Entertainment

'Westworld' May Go to Samurai World Next, But Is it a Good Idea?

Will the next season of HBO's hit show expand into other worlds, and is it worth it?

HBO

During the climax of the first season finale of HBO’s Westworld, Maeve, seemingly sentient (Thandie Newton), makes her escape. With fellow bots Hector and Armistice, as well as bumbling but well-meaning engineer Felix in tow, she travels through a section of the park’s massive Mesa Facility that the audience had ever seen before. Instead of robot gunslingers testing their marksmanship or automaton cowpokes trying their mechanical hand at poker, the hosts on the scene are Samurai warriors swinging swords at one another. Maeve asks Felix what this all is, and he gives her a perfect but typically cryptic answer: “It’s complicated.”

The existence of Samurai World would mean that there are multiple parks within the world of Westworld. And if you’re skeptical about that, peep the note that Felix gives Maeve about her daughter that specifically indicates she’s in “Park 1”). Now, we are left to wonder whether the show will actually explore Samurai World — and other alternate history parks — in its second season. This possibility offers both pros and cons for an already complicated show, and here is a brief overview of the creative cost-benefit analysis.

Delos, making all the same mistakes again in Samurai World.

HBO

Pros

It Expands the Scope of the Show

There has been so much fan chatter about how big the supposedly continent-sized park of Westworld truly is, so much so that there’s been some speculation it isn’t even located on Earth. While the big Season 1 finale didn’t spill the beans about Westworld’s exact galactic location, it did indicate that there’s somehow room for at least one more park.

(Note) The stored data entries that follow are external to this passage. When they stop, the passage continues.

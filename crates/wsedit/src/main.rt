// A workspace edit engine: lines of JSON come in, answers go out, and a folder tree is changed.
#![tactic(auto)]

mod end;
mod making;
mod program;
mod running;
mod showing;
mod status;
mod telling;
mod words;

use crate::end::{end_without_words, exit_code};
use crate::words::behind_first;
pub use program::{Ended, run, run_within};
use std::env;
use std::io::{ErrorKind, Read, Write};
use std::process::ExitCode;
use std::rt::Env;
use wse_dir::DirDisk;
use wse_disk::Place;
use wse_io::{ReaderSource, WriterSink};
use wse_path::Memory;

/// The words after the program's name. Where one isn't UTF-8 there are none, so that they aren't understood.
fn program_words(rt: &(impl Env + AllocGlobal)) -> Result<Vec<String>, Memory> {
    match env::args(rt) {
        Ok(all) => behind_first(rt.alloc(), all),
        Err(error) if error.kind() == ErrorKind::OutOfMemory => Err(Memory),
        Err(_) => Ok(Vec::new(rt.alloc())),
    }
}

/// Runs over this disk and these streams. The program ends with the status of its run.
fn start<D: Place + Drop, I: Read + Drop, O: Write + Drop, E: Write + Drop>(
    rt: &(impl Env + AllocGlobal),
    disk: D,
    input: I,
    output: O,
    errors: E,
) -> ExitCode {
    let alloc = rt.alloc();
    let mut source = ReaderSource::new(input);
    let mut out = WriterSink::new(output);
    let mut errs = WriterSink::new(errors);
    let ended = match program_words(rt) {
        Ok(words) => run(alloc, &words, &mut source, &mut out, &mut errs, disk),
        Err(Memory) => end_without_words(&mut errs, disk),
    };
    exit_code(&ended)
}

/// Runs over real folders, and over standard input, output and error.
fn main(rt: HostRuntime) -> ExitCode {
    let disk = DirDisk::new(rt);
    start(&rt, disk, rt.stdin(), rt.stdout(), rt.stderr())
}

#[cfg(test)]
mod tests;
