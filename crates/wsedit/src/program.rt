// The whole program over any source, sinks and disk.
ghost use Rattle.std.specs.Prelude.{◌≡◌, ◌⊎◌, ℕ, Bool, true, false, List, None, Some};
ghost use Rattle.url.specs.Parts.{Parts};
ghost use Rattle.wse_path.specs.Causes.{Rose};
ghost use Rattle.wse_path.specs.Limits.{standard};
ghost use Rattle.wse_apply.specs.Limit.{are_within};
ghost use Rattle.wse_disk.specs.Standing.{Standing};
ghost use Rattle.wse_recover.specs.Start.{start_hit};
ghost use Rattle.wse_stream.specs.Runs.{HasCauses};
ghost use Rattle.wse_stream.specs.Scene.{disk_at, scene, faults};
ghost use Rattle.wse_words.specs.Words.{Asked, Init, Run, Show, texts_of, asked_by};
ghost use Rattle.wse_words.specs.Read.{asked_of, HasPlainRoot};
ghost use Rattle.wse_run.specs.Complete.{IsOpenable, IsCalm};
ghost use Rattle.wse_run.specs.End.{ending_of};
ghost use Rattle.wsedit.specs.Status.{code_of, IsStatus, ending_by};
ghost use Rattle.wsedit.specs.Program.{Does, Ends};
ghost use Rattle.wsedit.specs.declared.status.Status.TheVariants.{Ran};

use crate::making::place_and_make;
use crate::running::place_and_run;
use crate::showing::place_and_show;
use crate::status::Status;
use std::alloc::Global;
use wse_disk::Place;
use wse_io::{Sink, Source};
use wse_path::{Limits, Memory};
use wse_run::{RanStore, RunEnd, StoreRun};
use wse_words::{Words, read_words};

/// How a run ended, and the disk that was handed in.
#[derive(Drop)]
pub struct Ended<D: Place> {
    pub status: u8,
    pub disk: D,
}

/// Does what the words ask for.
fn do_words<S: Source, K: Sink, D: Place>(
    alloc: Global,
    words: Words<'_>,
    source: &mut S,
    out: &mut K,
    disk: D,
    limits: Limits,
) -> RanStore<D>
    requires plain { HasPlainRoot words }
    requires within { are_within limits standard ≡ true }
    ensures does { Does limits
        (scene (S.left source.old) (K.pieces out.old) (disk_at D.moment_of D.told disk))
        (scene (S.left source.new) (K.pieces out.new) (disk_at D.moment_of D.told result.disk))
        (asked_of words.entry) (Ran result.end) }
    ensures causes { HasCauses (ending_of result.end)
        (faults (S.faults source.old) (K.faults out.old) (D.faults disk))
        (faults (S.faults source.new) (K.faults out.new) (D.faults result.disk)) }
{
    match words {
        Words::Init(places) => place_and_make(alloc, places, disk, &limits),
        Words::Run {
            places,
            root,
            options,
        } => {
            let run = StoreRun {
                root,
                adopt: options.adopt,
                limits,
                max_input: options.max_input,
            };
            place_and_run(alloc, places, run, source, out, disk)
        }
        Words::Show(places) => place_and_show(alloc, places, disk, limits, out),
    }
}

// How a run ended, before that is told.
struct Outcome<D: Place> {
    status: Status,
    disk: D,
}

/// Reads the words, and does what they ask for.
fn run_words<S: Source, K: Sink, D: Place>(
    alloc: Global,
    words: &[String],
    source: &mut S,
    out: &mut K,
    disk: D,
    limits: Limits,
) -> Outcome<D>
    requires { are_within limits standard ≡ true }
    ensures words { code_of result.status ≡ 2 → asked_by (texts_of words.now) ≡ None }
    ensures untouched { asked_by (texts_of words.now) ≡ None → ((code_of result.status ≡ 2) ⊎ (code_of result.status ≡ 6))
        × (result.disk ≡ disk) × (source.new ≡ source.old) × (out.new ≡ out.old) }
    ensures does { (asked : Asked) → asked_by (texts_of words.now) ≡ Some asked → Does limits
        (scene (S.left source.old) (K.pieces out.old) (disk_at D.moment_of D.told disk))
        (scene (S.left source.new) (K.pieces out.new) (disk_at D.moment_of D.told result.disk))
        asked result.status }
    ensures causes { HasCauses (ending_by (code_of result.status))
        (faults (S.faults source.old) (K.faults out.old) (D.faults disk))
        (faults (S.faults source.new) (K.faults out.new) (D.faults result.disk)) }
{
    match read_words(alloc, words) {
        Ok(None) => Outcome {
            status: Status::Words,
            disk,
        },
        Ok(Some(words)) => {
            let RanStore { disk, end } = do_words(alloc, words, source, out, disk, limits);
            Outcome {
                status: Status::Ran(end),
                disk,
            }
        }
        Err(Memory) => Outcome {
            status: Status::Ran(RunEnd::Memory),
            disk,
        },
    }
}

/// Does what the words ask for, within these limits, and tells of the end at `errs`.
///
/// - Status 0: all was done. For `run` the source was read to its end, every line is answered, and what the disk holds stands
///   for the last state; for `show` all that the store holds is out.
/// - Status 2: the words aren't understood. Nothing is touched.
/// - Status 3, 4, 5: the source, `out` or the disk failed.
/// - Status 6: there was no memory.
/// - Status 7: the disk holds no store. No line is read.
/// - Status 8: the tree passes a limit, or adopting would. No line is read.
/// - Status 9: the source gave one byte past the most that are read as lines.
/// - Status 10: a path isn't as the history says, or a file is in the way of an unsettled record. No line is read.
///
/// At 7, 8 and 10 nothing is adopted, nor at 6 where there was no memory to open the store.
///
/// All of this is this project's own rule.
pub fn run_within<S: Source, K: Sink, E: Sink, D: Place>(
    alloc: Global,
    words: &[String],
    source: &mut S,
    out: &mut K,
    errs: &mut E,
    disk: D,
    limits: Limits,
) -> Ended<D>
    requires { are_within limits standard ≡ true }
    ensures words { result.status ≡ 2 → asked_by (texts_of words.now) ≡ None }
    ensures untouched { asked_by (texts_of words.now) ≡ None → ((result.status ≡ 2) ⊎ (result.status ≡ 6))
        × (result.disk ≡ disk) × (source.new ≡ source.old) × (out.new ≡ out.old) }
    ensures ends { Ends limits
        (scene (S.left source.old) (K.pieces out.old) (disk_at D.moment_of D.told disk))
        (scene (S.left source.new) (K.pieces out.new) (disk_at D.moment_of D.told result.disk))
        (asked_by (texts_of words.now)) result.status
        (E.pieces errs.old) (E.pieces errs.new) (E.faults errs.old) (E.faults errs.new) }
    ensures causes { HasCauses (ending_by result.status)
        (faults (S.faults source.old) (K.faults out.old) (D.faults disk))
        (faults (S.faults source.new) (K.faults out.new) (D.faults result.disk)) }
    ensures statuses { IsStatus result.status }
    ensures complete { (tree store : List ℕ) (root : Parts) (adopt : Bool) (max_input : ℕ)
        → asked_by (texts_of words.now) ≡ Some (Run tree store root adopt max_input)
        → (s : Standing) → D.told disk ≡ Some s → IsOpenable adopt limits s.reading
        → IsCalm max_input (S.left source.old)
        (faults (S.faults source.old) (K.faults out.old) (D.faults disk))
        (faults (S.faults source.new) (K.faults out.new) (D.faults result.disk))
        → (result.status ≡ 0) ⊎ (result.status ≡ 6) }
    ensures makes { (tree store : List ℕ) → asked_by (texts_of words.now) ≡ Some (Init tree store)
        → (s : Standing) → D.told disk ≡ Some s → start_hit limits s.reading.files ≡ None
        → (Rose (D.faults disk) (D.faults result.disk) → ⊥) → (result.status ≡ 0) ⊎ (result.status ≡ 6) }
    ensures shows { (tree store : List ℕ) → asked_by (texts_of words.now) ≡ Some (Show tree store)
        → (s : Standing) → D.told disk ≡ Some s → IsOpenable false limits s.reading
        → (Rose (K.faults out.old) (K.faults out.new) → ⊥) → (Rose (D.faults disk) (D.faults result.disk) → ⊥)
        → (result.status ≡ 0) ⊎ (result.status ≡ 6) }
{
    let Outcome { status, disk } = run_words(alloc, words, source, out, disk, limits);
    // A fault of errs changes no status.
    let _ = status.tell(errs, &disk);
    Ended {
        status: status.code(),
        disk,
    }
}

/// Does what the words ask for, and tells of the end at `errs`: `run_within` with the standard limits.
pub fn run<S: Source, K: Sink, E: Sink, D: Place>(
    alloc: Global,
    words: &[String],
    source: &mut S,
    out: &mut K,
    errs: &mut E,
    disk: D,
) -> Ended<D>
    ensures words { result.status ≡ 2 → asked_by (texts_of words.now) ≡ None }
    ensures untouched { asked_by (texts_of words.now) ≡ None → ((result.status ≡ 2) ⊎ (result.status ≡ 6))
        × (result.disk ≡ disk) × (source.new ≡ source.old) × (out.new ≡ out.old) }
    ensures ends { Ends standard
        (scene (S.left source.old) (K.pieces out.old) (disk_at D.moment_of D.told disk))
        (scene (S.left source.new) (K.pieces out.new) (disk_at D.moment_of D.told result.disk))
        (asked_by (texts_of words.now)) result.status
        (E.pieces errs.old) (E.pieces errs.new) (E.faults errs.old) (E.faults errs.new) }
    ensures causes { HasCauses (ending_by result.status)
        (faults (S.faults source.old) (K.faults out.old) (D.faults disk))
        (faults (S.faults source.new) (K.faults out.new) (D.faults result.disk)) }
    ensures statuses { IsStatus result.status }
    ensures complete { (tree store : List ℕ) (root : Parts) (adopt : Bool) (max_input : ℕ)
        → asked_by (texts_of words.now) ≡ Some (Run tree store root adopt max_input)
        → (s : Standing) → D.told disk ≡ Some s → IsOpenable adopt standard s.reading
        → IsCalm max_input (S.left source.old)
        (faults (S.faults source.old) (K.faults out.old) (D.faults disk))
        (faults (S.faults source.new) (K.faults out.new) (D.faults result.disk))
        → (result.status ≡ 0) ⊎ (result.status ≡ 6) }
    ensures makes { (tree store : List ℕ) → asked_by (texts_of words.now) ≡ Some (Init tree store)
        → (s : Standing) → D.told disk ≡ Some s → start_hit standard s.reading.files ≡ None
        → (Rose (D.faults disk) (D.faults result.disk) → ⊥) → (result.status ≡ 0) ⊎ (result.status ≡ 6) }
    ensures shows { (tree store : List ℕ) → asked_by (texts_of words.now) ≡ Some (Show tree store)
        → (s : Standing) → D.told disk ≡ Some s → IsOpenable false standard s.reading
        → (Rose (K.faults out.old) (K.faults out.new) → ⊥) → (Rose (D.faults disk) (D.faults result.disk) → ⊥)
        → (result.status ≡ 0) ⊎ (result.status ≡ 6) }
{
    run_within(alloc, words, source, out, errs, disk, Limits::standard())
}

#[cfg(test)]
mod tests;
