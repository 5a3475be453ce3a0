// The program as it is started, in an environment that is made up.
use super::*;
use std::alloc::Global;
use std::env::FillError;
use std::io::Cursor;
use std::test::Fail;
use wse_disk::MemDisk;
use wse_path::Tree;

// An environment with these words, which spaces part, the program's name first.
#[derive(Drop)]
struct Given {
    line: &'static str,
}

impl Env for Given {
    fn arg(&self, i: usize, buf: &mut [u8]) -> Result<usize, FillError> {
        let Some(word) = self.line.split(' ').nth(i) else {
            return Err(FillError::NotPresent);
        };
        if word.len() > buf.len() {
            return Err(FillError::TooLong);
        }
        buf[..word.len()].copy_from_slice(word.as_bytes());
        Ok(word.len())
    }

    fn var(&self, _name: &str, _buf: &mut [u8]) -> Result<usize, FillError> {
        Err(FillError::NotPresent)
    }

    fn var_at(&self, _i: usize, _buf: &mut [u8]) -> Result<usize, FillError> {
        Err(FillError::NotPresent)
    }
}

// Whether the program ends so over an empty disk, started with that line and no input.
fn ends(alloc: Global, line: &'static str, status: u8, told: &[u8]) -> Result<bool, Fail> {
    let disk = MemDisk::never_failing(alloc, Tree::new(alloc));
    let input = Cursor::new(Vec::new(alloc));
    let mut output = Vec::new(alloc);
    let mut errors = Vec::new(alloc);
    let code = start(
        &(Given { line }, alloc),
        disk,
        input,
        &mut output,
        &mut errors,
    );
    let streams = output.is_empty() && errors.as_slice() == told;
    Ok(code == ExitCode::from(status) && streams)
}

const USAGE: &[u8] = b"wsedit: words not understood
usage: wsedit init TREE STORE
usage: wsedit run TREE STORE ROOT [--adopt] [--max-input N]
usage: wsedit show TREE STORE
";

#[test]
fn the_program_ends_with_the_status_of_its_run(rt: HostRuntime) -> Result<(), Fail> {
    let alloc = rt.alloc();
    let none = b"wsedit: not a store: byte 0\n".as_slice();
    assert!(rt; ends(alloc, "wsedit init t s", 0, b"")?);
    assert!(rt; ends(alloc, "wsedit run t s file:///w", 7, none)?);
    assert!(rt; ends(alloc, "wsedit show t s", 7, none)?);
    assert!(rt; ends(alloc, "wsedit run t s", 2, USAGE)?);
    Ok(())
}

#[test]
fn no_word_is_left_out(rt: HostRuntime) -> Result<(), Fail> {
    let alloc = rt.alloc();
    assert!(rt; ends(alloc, "wsedit", 2, USAGE)?);
    assert!(rt; ends(alloc, "wsedit init t s x", 2, USAGE)?);
    assert!(rt; ends(alloc, "wsedit run t s file:///w x", 2, USAGE)?);
    Ok(())
}
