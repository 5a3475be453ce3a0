// Places in a text, as a client names them, and edits there.
use crate::items::Duplicate;
use crate::memory::Memory;
use crate::text::Text;
use std::alloc::Global;

/// A place in a text: a line and a character on it, both counted from 0 (LSP 3.17, "Position"). What a character is
/// the encoding says. LSP's numbers end at 2^31-1; up to 2^64-1 is this project's own reading.
#[derive(Debug, Clone, Copy, PartialEq, Eq)]
pub struct Position {
    pub line: u64,
    pub character: u64,
}

impl Duplicate for Position {
    fn duplicate(&self, _alloc: Global) -> Result<Position, Memory> {
        Ok(*self)
    }
}

/// What `character` counts (LSP 3.17, "PositionEncodingKind").
#[derive(Debug, Clone, Copy, PartialEq, Eq)]
pub enum Encoding {
    /// Bytes.
    Utf8,
    /// UTF-16 code units.
    Utf16,
    /// Code points.
    Utf32,
}

/// A text in place of a range (LSP 3.17, "TextEdit"). A skipped one changes nothing: it waits for a confirmation.
#[derive(Debug, Drop)]
pub struct TextEdit {
    pub start: Position,
    pub end: Position,
    pub new_text: Text,
    pub skipped: bool,
}

impl Duplicate for TextEdit {
    fn duplicate(&self, alloc: Global) -> Result<TextEdit, Memory> {
        Ok(TextEdit {
            start: self.start,
            end: self.end,
            new_text: self.new_text.duplicate(alloc)?,
            skipped: self.skipped,
        })
    }
}
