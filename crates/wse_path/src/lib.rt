// Names, trees and plain data, on which every other crate stands.
#![tactic(auto)]

mod change;
mod command;
mod content;
mod edit;
mod items;
mod label;
mod limits;
mod memory;
mod merge;
mod operation;
mod path;
mod path_map;
mod path_text;
mod position;
mod row;
mod text;
mod tree;
mod versions;

pub use change::{Bumps, Change, Changes, Numbered};
pub use command::{Choice, Command, Direction};
pub use content::{content_slice, copy_bytes, copy_content, is_same_content};
pub use edit::{Edit, Edits, FailureKind, Operation, Operations, What};
pub use items::{Bytes, Duplicate, Files, Items};
pub use label::Label;
pub use limits::{Hit, Limits, Which};
pub use memory::Memory;
pub use merge::Update;
pub use operation::ResourceOp;
pub use path::{PathRefused, RelPath};
pub use path_map::PathMap;
pub use path_text::TextRefused;
pub use position::{Encoding, Position, TextEdit};
pub use row::Weighed;
pub use text::Text;
pub use tree::Tree;
pub use versions::Versions;
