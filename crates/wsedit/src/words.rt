// The words of the command line.
ghost use Rattle.std.specs.Prelude.{◌≡◌, drop, IfOk};

use std::alloc::Global;
use std::env::Args;
use wse_path::Memory;

/// The words behind the first, which is the program's name.
pub fn behind_first(alloc: Global, words: Args) -> Result<Vec<String>, Memory>
    ensures { IfOk result (λ behind. behind.items ≡ drop 1 words.rest.items) }
{
    let mut words = words;
    let mut behind = Vec::new(alloc);
    let _ = words.next();
    for word in words {
        behind.push(word)?;
    }
    Ok(behind)
}
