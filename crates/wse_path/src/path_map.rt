// Finite maps from paths.
ghost use Rattle.std.specs.Prelude.{◌≡◌, ◌+◌, ◌-◌, ◌<◌, ◌≤◌, [], length, map, take, remove, is_some, true, IfOk, IfErr, OnOk, OnErr, slice_get};
ghost use Rattle.std.specs.FinMap.{put, is_sorted};
ghost use Rattle.std.specs.Option.{option_copied};
ghost use Rattle.wse_path.specs.Order.{path_cmp};
ghost use Rattle.wse_path.specs.PathMap.{weight_of, capped, value_at, without, set_value, update_all};
ghost use Rattle.wse_path.specs.Place.{HasKeyAt, IsGapAt, all_before};

use crate::items::{Duplicate, Files};
use crate::memory::Memory;
use crate::merge::{Update, restore, set_each, unload};
use crate::path::RelPath;
use crate::row::{Row, Weighed};
use std::alloc::Global;
use std::marker::Model;

/// How many paths come or go one by one at most. Making room for one is a move of the entries behind it in one piece, which
/// costs about a hundredth of a pass over them.
const FEW: usize = 100;

/// A finite map from paths, which keeps the sum of what its entries count for. Contracts see its entries in path order,
/// that their paths rise, and how many more find room without taking memory.
pub struct PathMap<V: Weighed> {
    row: Row<V>,
    // The entries behind those that are being changed, last first. Between calls there are none.
    rest: Vec<(RelPath, V)>,
    ghost rises: { is_sorted path_cmp row.items ≡ true },
}

// Written out, so that who drops one takes a single step.
impl<V: Weighed> Drop for PathMap<V> {
    fn drop(self) {
        let PathMap { row, rest } = self;
        drop(row);
        drop(rest);
    }
}

impl<V: Weighed> Model for PathMap<V> {
    ghost use Rattle.std.specs.Prelude.{◌≡◌, ◌-◌, [], length, min};
    ghost use Rattle.std.specs.Vec.{vec_capacity};
    ghost use Rattle.wse_path.specs.PathMap.{MapState};

    ghost Value = { MapState V };

    ghost view = { λ a. record {
      entries = a.row.items;
      rises = a.rises;
      spare = min a.row.capacity (vec_capacity a.rest) - length a.row.items;
    } };

    ghost invariant = { λ a. a.rest.items ≡ [] };
}

// Where the path stands among entries whose paths rise, or would stand.
fn search_sorted<V: Drop>(entries: &[(RelPath, V)], path: &RelPath) -> Result<usize, usize>
    requires { is_sorted path_cmp entries.now ≡ true }
    ensures found { IfOk result (λ at. (at < length entries.now) × HasKeyAt path_cmp entries.now path.now at) }
    ensures absent { IfErr result (IsGapAt path_cmp entries.now path.now) }
{
    entries.binary_search_by(|entry| entry.0.cmp(path))
}

impl<V: Weighed> PathMap<V> {
    /// A map without entries. It takes no memory until an entry is put or room is made.
    pub fn new(alloc: Global) -> PathMap<V>
        ensures { result.entries ≡ [] }
    {
        PathMap {
            row: Row::new(alloc),
            rest: Vec::new(alloc),
        }
    }

    /// The number of entries.
    pub fn len(&self) -> usize
        ensures { result ≡ length self.now.entries }
    {
        self.row.len()
    }

    /// The entries as a slice, in path order.
    pub fn as_slice(&self) -> &[(RelPath, V)]
        ensures { result.now ≡ self.now.entries }
    {
        self.row.as_slice()
    }

    /// What the entries count for together, or 2^64-1 where that is greater. Takes no memory.
    pub fn sum(&self) -> u64
        ensures { result ≡ capped (weight_of V.weight self.now.entries) }
    {
        self.row.sum()
    }

    /// The path of the entry with that index in path order.
    pub fn path_at(&self, index: usize) -> Option<&RelPath>
        ensures { option_copied result ≡ slice_get (map (λ e. e.0) self.now.entries) index }
    {
        match self.as_slice().get(index) {
            Some(entry) => Some(&entry.0),
            None => None,
        }
    }

    /// The paths of all entries, in path order.
    pub fn paths(&self, alloc: Global) -> Result<Files, Memory>
        ensures { IfOk result (λ paths. paths ≡ map (λ e. e.0) self.now.entries) }
    {
        let mut paths = Vec::with_capacity(alloc, self.len())?;
        for entry in self.as_slice() {
            paths.push(entry.0.duplicate(alloc)?)?;
        }
        Ok(Files::new(paths))
    }

    /// Where the path stands among the entries, or would stand.
    pub fn search(&self, path: &RelPath) -> Result<usize, usize>
        ensures found { IfOk result (λ at. (at < length self.now.entries) × HasKeyAt path_cmp self.now.entries path.now at) }
        ensures absent { IfErr result (IsGapAt path_cmp self.now.entries path.now) }
    {
        search_sorted(self.as_slice(), path)
    }

    // How many entries come before the path.
    fn place(&self, path: &RelPath) -> usize
        ensures within { result ≤ length self.now.entries }
        ensures before { all_before path_cmp (take result self.now.entries) path.now ≡ true }
    {
        match self.search(path) {
            Ok(at) => at,
            Err(at) => at,
        }
    }

    /// The value at the path. Takes no memory.
    pub fn get(&self, path: &RelPath) -> Option<&V>
        ensures { option_copied result ≡ value_at self.now.entries path.now }
    {
        match self.search(path) {
            Ok(at) => {
                let entries = self.as_slice();
                Some(&entries[at].1)
            }
            Err(_) => None,
        }
    }

    /// Makes room for that many more entries.
    pub fn reserve(&mut self, extra: usize) -> Result<(), Memory>
        ensures same { self.new.entries ≡ self.old.entries }
        ensures room { OnOk result (extra ≤ self.new.spare) }
        ensures kept { self.old.spare ≤ self.new.spare }
    {
        self.row.reserve(extra)?;
        // All entries may have to be moved into the rest.
        self.rest.reserve(self.row.capacity())?;
        Ok(())
    }

    /// Puts the value at the path, in place of what is there. After Memory the map is as it was, with no less room.
    pub fn put(&mut self, path: RelPath, value: V) -> Result<(), Memory>
        ensures ok { OnOk result (self.new.entries ≡ put path_cmp path value self.old.entries) }
        ensures memory { OnErr result (self.new.entries ≡ self.old.entries) }
        ensures kept { OnErr result (self.old.spare ≤ self.new.spare) }
    {
        match self.search(&path) {
            Ok(at) => {
                self.row.set(at, value);
                Ok(())
            }
            Err(at) => {
                self.row.insert(at, path, value)?;
                Ok(())
            }
        }
    }

    /// Puts the value at the path into room that is there. Takes no memory, and one of the room at most.
    pub fn put_reserved(&mut self, path: RelPath, value: V)
        requires { 0 < self.old.spare }
        ensures entries { self.new.entries ≡ put path_cmp path value self.old.entries }
        ensures spare { self.old.spare ≤ self.new.spare + 1 }
    {
        match self.search(&path) {
            Ok(at) => self.row.set(at, value),
            Err(at) => match self.row.insert(at, path, value) {
                Ok(()) => (),
                Err(Memory) => unreachable!(),
            },
        }
    }

    /// Takes the path away, and answers whether it was there. Takes no memory.
    pub fn remove(&mut self, path: &RelPath) -> bool
        ensures entries { self.new.entries ≡ without self.old.entries path.now }
        ensures was { result ≡ is_some (value_at self.old.entries path.now) }
        ensures spare { self.old.spare ≤ self.new.spare }
    {
        match self.search(path) {
            Ok(at) => {
                self.row.remove(at);
                true
            }
            Err(_) => false,
        }
    }

    /// Takes the entry with that index in path order away. Takes no memory.
    pub fn remove_at(&mut self, at: usize)
        requires { at < length self.old.entries }
        ensures entries { self.new.entries ≡ remove self.old.entries at }
        ensures spare { self.old.spare ≤ self.new.spare }
    {
        self.row.remove(at);
    }

    // How many of the paths come or go.
    fn moves<C: Update<V>>(&self, items: &[(RelPath, C)]) -> usize {
        let mut moves: usize = 0;
        for item in items {
            if self.get(&item.0).is_some() != item.1.keeps() {
                moves = moves.saturating_add(1);
            }
        }
        moves
    }

    // Sets the path to what its item makes of the value there.
    fn update_one<C: Update<V>>(&mut self, path: RelPath, item: C)
        requires room { 0 < self.old.spare }
        ensures entries { self.new.entries
            ≡ set_value self.old.entries path (C.updated item (value_at self.old.entries path)) }
        ensures spare { self.old.spare ≤ self.new.spare + 1 }
    {
        match item.update(self.get(&path)) {
            Some(value) => self.put_reserved(path, value),
            None => {
                let _ = self.remove(&path);
            }
        }
    }

    // One path after another.
    fn update_singly<C: Update<V>>(&mut self, items: Vec<(RelPath, C)>)
        requires room { length items.items ≤ self.old.spare }
        ensures entries { self.new.entries ≡ update_all C.updated items.items self.old.entries }
        ensures spare { self.old.spare ≤ self.new.spare + length items.items }
    {
        for (path, item) in items {
            self.update_one(path, item);
        }
    }

    // One pass over the entries from the first of the paths on.
    fn update_in_a_pass<C: Update<V>>(&mut self, items: Vec<(RelPath, C)>)
        requires rises { is_sorted path_cmp items.items ≡ true }
        requires room { length items.items ≤ self.old.spare }
        ensures entries { self.new.entries ≡ update_all C.updated items.items self.old.entries }
        ensures spare { self.old.spare ≤ self.new.spare + length items.items }
    {
        let Some(first) = items.first() else {
            return;
        };
        let at = self.place(&first.0);
        unload(&mut self.row, &mut self.rest, at);
        set_each(&mut self.row, &mut self.rest, items);
        restore(&mut self.row, &mut self.rest);
    }

    /// Sets each path to what its item makes of the value there, in room that is there. Takes no memory. It costs a
    /// search for each path; where more than a few come or go, one pass over the entries from the first of them on.
    pub fn update_all<C: Update<V>>(&mut self, items: Vec<(RelPath, C)>)
        requires rises { is_sorted path_cmp items.items ≡ true }
        requires room { length items.items ≤ self.old.spare }
        ensures entries { self.new.entries ≡ update_all C.updated items.items self.old.entries }
        ensures spare { self.old.spare ≤ self.new.spare + length items.items }
    {
        if self.moves(&items) <= FEW {
            self.update_singly(items);
        } else {
            self.update_in_a_pass(items);
        }
    }
}

impl<V: Weighed + Duplicate> PathMap<V> {
    /// A map with the same entries. How much room it has is its own matter.
    pub fn duplicate(&self, alloc: Global) -> Result<PathMap<V>, Memory>
        ensures { IfOk result (λ copy. copy.entries ≡ self.now.entries) }
    {
        Ok(PathMap {
            row: self.row.duplicate(alloc)?,
            rest: Vec::new(alloc),
        })
    }
}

Armistice definitely begins to question her reality.

HBO

The big potential Samurai World reveal is a tantalizing validation of that speculation. The moment where Maeve, Hector, Armistice, and Felix walk in between Westworld and Samurai World, and Armistice stops to look at the vast Delos facility somewhere means there could be endless possibilities for exploring alternate worlds in future seasons. This gives the creators a vast and intimidating canvas with which to tell their story, but the breadth of those kinds of options makes it easier to expand on the introductory themes explored in of Season 1.

The Delos board of directors wanted to steal Ford’s IP from him, and part of that is perhaps expanding their lucrative fantasy theme park, with places like Samurai World prime examples of the more feasible possibilities. Ford recognized the mistake of robot consciousness in one world and in the end didn’t want to be responsible for making the same mistake again and again in whatever world the Delos engineers cook up next.

Spin-offs!

Establishing new parks might be a tall order for a show that can only be told in ten, one-hour episodes, so it makes sense that all this artificial intelligence craziness could be better explored in even more hours in a completely different show.

Spin-offs don’t carry the same cheaply opportunistic stigma they once did, with examples like Rogue One proving you can pull if off with gusto on the big screen, and others like Fear the Walking Dead showing that they have a great place on TV. HBO has even hinted that they’re more than willing to expand upon their other huge series, Game of Thrones, once that show wraps up after eight seasons. But since they know they have a bona fide hit on their hands with Westworld, being proactive and mixing it up with another show is the best way to go. The original movie did it, so this can do it too.

Cons

It’s Too Lofty, Even For Westworld

No one could plausibly say Westworld isn’t an ambitious show. To expand out to two or three new worlds would take things to an absurd level and might risk losing the show’s central conceit. Viewers might get too lost in the game, just like the Man in Black, or too obsessed with decoding the little signals and signs dropped throughout the episodes. Imagine all the fan theories!

It’s easy to forget that this whole mess is basically about an amusement park where guests go on id-satisfying adventures. Reiterating that by relying on multiple settings would get redundant. Introducing Samurai World and beyond would reduce Westworld to mere novelty, which isn’t exactly a good thing in a show called Westworld.

Introducing Samurai World ... maybe for Season 2 and beyond.

HBO

The main narrative thrust all ties back to Delos and their big endgame. Passing mention of multiple parks, as was done in the finale, could be used to harp on the themes of their greed rather than actually spending time introducing new characters and new storylines in separate parks. Better to stay focused than to wander off into uncharted territory.

It Distracts From the Strengths of Season 1

It’s true that finding out there are multiple worlds behind closed doors in the Delos facility is kind of like robots finding out that their reality is a sham. Realizing what the SW logo meant when Maeve and her robo-squad marched into those doors and found samurai robots is shocking for sure, but are we to believe that the impact of Ford’s weighty decision at the end of Season 1 is meaningless, since it’s too late to keep host consciousness contained to one park?

There are way too many important story arcs left from Season 1 tied to the Old West, and wasting time on introducing new ones would just kind of belittle the puzzle of what was set up in the first season.